Weird Criminal Law # 366: Was it a Suicide?

MICHIGAN: So grim, so grim…could this have been a suicide? Inquiring minds would like to know. Earlier this year authorities in Pontiac discovered the remains of a woman whose death six years ago went unnoticed because her bills had been set on an automatic bank-debit payment system. Investigators believe the woman is Pia Farenkopf, 49, who had been last seen alive in September of 2008, when she was laid off from her job at a mortgage finance firm. Allegedly, Farenkopf was estranged from her family, and her neighbors who knew she liked to keep to herself.
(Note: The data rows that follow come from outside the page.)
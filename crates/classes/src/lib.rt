// Equivalence classes of terms, each named by its lowest member, with a label for each class: the state of a node, with one fact more.
// There is room for 18 terms more than the 78 of today.
#![tactic(auto)]

ghost use Rattle.std.specs.Prelude.{◌≡◌, ℕ, not, ◌<◌, min, max, length, get_or, set};
ghost use Rattle.std.specs.Int.Bits.{bit_and};
ghost use Rattle.guard.specs.Closure.{Fact.same, Fact.within, add, class_of, holds, label_of, rename, same_class};
ghost use Rattle.guard.proofs.ClosureEnds.{first};
ghost use Rattle.classes.specs.Held.{Held, state};

use std::marker::Model;

// The class of each term and the label of each class. A contract sees the state of the definitions; that each class is a term, and each
// label a mask of 16 bits, is true of every value, and no clause says it.
#[derive(Clone, Copy)]
pub struct State {
    classes: [u8; 96],
    labels: [u16; 96],
}

impl Model for State {
    ghost use Rattle.guard.specs.Closure as closure;

    ghost Value = { closure.State };

    ghost use Rattle.classes.specs.Held.{Kept};

    ghost view = { λ s. record { classes = s.classes; labels = s.labels } };

    ghost inverse = { λ s. record { classes = s.classes; labels = s.labels } };

    ghost invariant = { λ s. Kept s.classes s.labels };
}

// The class of a term by the classes alone, whatever numbers they are.
pub fn class_of(classes: &[u8; 96], i: u8) -> u8
    requires { i < 96 }
    ensures { result ≡ get_or classes.now i 0 }
{
    classes[i as usize]
}

// Class `high` becomes `low`.
#[tactic(auto, using(crate::proofs::ClassLaws::next_kept, crate::proofs::ClassLaws::next_renamed, crate::proofs::ClassLaws::rename_all))]
fn rename(classes: &mut [u8; 96], low: u8, high: u8)
    requires { length classes.old ≡ 96 }
    ensures { classes.new ≡ rename low high classes.old }
{
    // Every class is stored, which the compiler does for several at once.
    for class in classes {
        *class = if *class == high { low } else { *class };
    }
}

// Two classes become one under the lower name, whose label is what both had.
fn merge(classes: &mut [u8; 96], labels: &mut [u16; 96], c: u8, d: u8)
    requires { (c < 96) × (d < 96) × (length classes.old ≡ 96) }
    ensures classes_after { classes.new ≡ rename (min c d) (max c d) classes.old }
    ensures labels_after { labels.new ≡ set labels.old (min c d) (bit_and (get_or labels.old c 0) (get_or labels.old d 0)) }
{
    let mut low = c;
    let mut high = d;
    if d < c {
        low = d;
        high = c;
    }
    labels[low as usize] = labels[c as usize] & labels[d as usize];
    rename(classes, low, high);
}

impl State {
    // No code: where a caller's proof needs it, it learns here that each class is a term, and each label a mask of 16 bits.
    pub fn held(&self)
        ensures held { Held self.now.classes }
        ensures long { length self.now.labels ≡ 96 }
        ensures small { (c : ℕ) → get_or self.now.labels c 0 < 65536 }
    {
        let _ = &self.classes;
    }

    // A state from its two arrays.
    pub fn new(classes: [u8; 96], labels: [u16; 96]) -> State
        requires { Held classes }
        ensures { result ≡ state classes labels }
    {
        State { classes, labels }
    }

    // The class of each term.
    pub fn classes(&self) -> &[u8; 96]
        ensures { result.now ≡ self.now.classes }
    {
        &self.classes
    }

    // Each term in a class of its own, its label not cut down yet.
    pub fn first() -> State
        ensures { result ≡ first 96 }
    {
        let mut classes = [0u8; 96];
        for x in 0..96 {
            classes[x] = x as u8;
        }
        State {
            classes,
            labels: [65535; 96],
        }
    }

    // The class of a term.
    #[tactic(auto, using(crate::proofs::ClassLaws::class_there))]
    pub fn class_of(&self, x: u8) -> u8
        requires { x < 96 }
        ensures value { result ≡ class_of self.now x }
        ensures there { result < 96 }
    {
        self.classes[x as usize]
    }

    pub fn same_class(&self, x: u8, y: u8) -> bool
        requires { (x < 96) × (y < 96) }
        ensures { result ≡ same_class self.now x y }
    {
        self.classes[x as usize] == self.classes[y as usize]
    }

    // The label of a term, which is that of its class.
    #[tactic(auto, using(crate::proofs::ClassLaws::class_there))]
    pub fn label_of(&self, x: u8) -> u16
        requires { x < 96 }
        ensures { result ≡ label_of self.now x }
    {
        self.labels[self.classes[x as usize] as usize]
    }

    // The label that stands at a class.
    pub fn class_label(&self, c: u8) -> u16
        requires { c < 96 }
        ensures { result ≡ get_or self.now.labels c 0 }
    {
        self.labels[c as usize]
    }

    // Two terms become equal; true if they were not.
    #[tactic(auto, using(crate::proofs::ClassLaws::same_new, crate::proofs::ClassLaws::same_already, crate::proofs::ClassLaws::same_fails, crate::proofs::ClassLaws::same_holds))]
    pub fn unite(&mut self, x: u8, y: u8) -> bool
        requires { (x < 96) × (y < 96) }
        ensures after { self.new ≡ add self.old (same x y) }
        ensures value { result ≡ not (holds self.old (same x y)) }
    {
        let c = self.classes[x as usize];
        let d = self.classes[y as usize];
        if c == d {
            return false;
        }
        merge(&mut self.classes, &mut self.labels, c, d);
        true
    }

    // The label of a term is cut down to a mask; true if it was not inside it.
    #[tactic(auto, using(crate::proofs::ClassLaws::class_there, crate::proofs::ClassLaws::cut_kept))]
    pub fn restrict(&mut self, x: u8, mask: u16) -> bool
        requires { x < 96 }
        ensures after { self.new ≡ add self.old (within x mask) }
        ensures value { result ≡ not (holds self.old (within x mask)) }
    {
        let c = self.classes[x as usize] as usize;
        let old = self.labels[c];
        let cut = old & mask;
        self.labels[c] = cut;
        cut != old
    }
}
They thought she had moved to Germany, as she had said a few times that she might. How was her death determined? Her money ran out in March 2013, causing the bank to foreclose on her home. Contractors then started work on the home and discovered the body inside her 2003 Jeep Liberty inside her garage.

 

MINNESOTA: NO POTTY, NO PEACE, NO POTTY, NO PEACE. Lily Prince, a 50 something-year-old factory worker is fighting for her right to take potty breaks.  Ms. Prince who works on a an assembly line, was fired after her bosses refused for hours to give her a bathroom break, and she resorted to peeing in a box. A judge ruled the factory was wrong to deny her the break, and has allowed her lawsuit to go to trial. This was so stupid; perhaps that is why we smell a quick settlement in the works!

 

KANSAS: Better late than never! Someone in Lawrence finally returned a cookbook to the library more than 20 years after checking it out – but failed to pay the $450 overdue fee. Librarians found the copy of The Versatile Grain and the Elegant Bean: A Celebration of the World’s Most healthful Foods, in the overnight drop box at the Lawrence Public Library. The book had been checked out in 1992.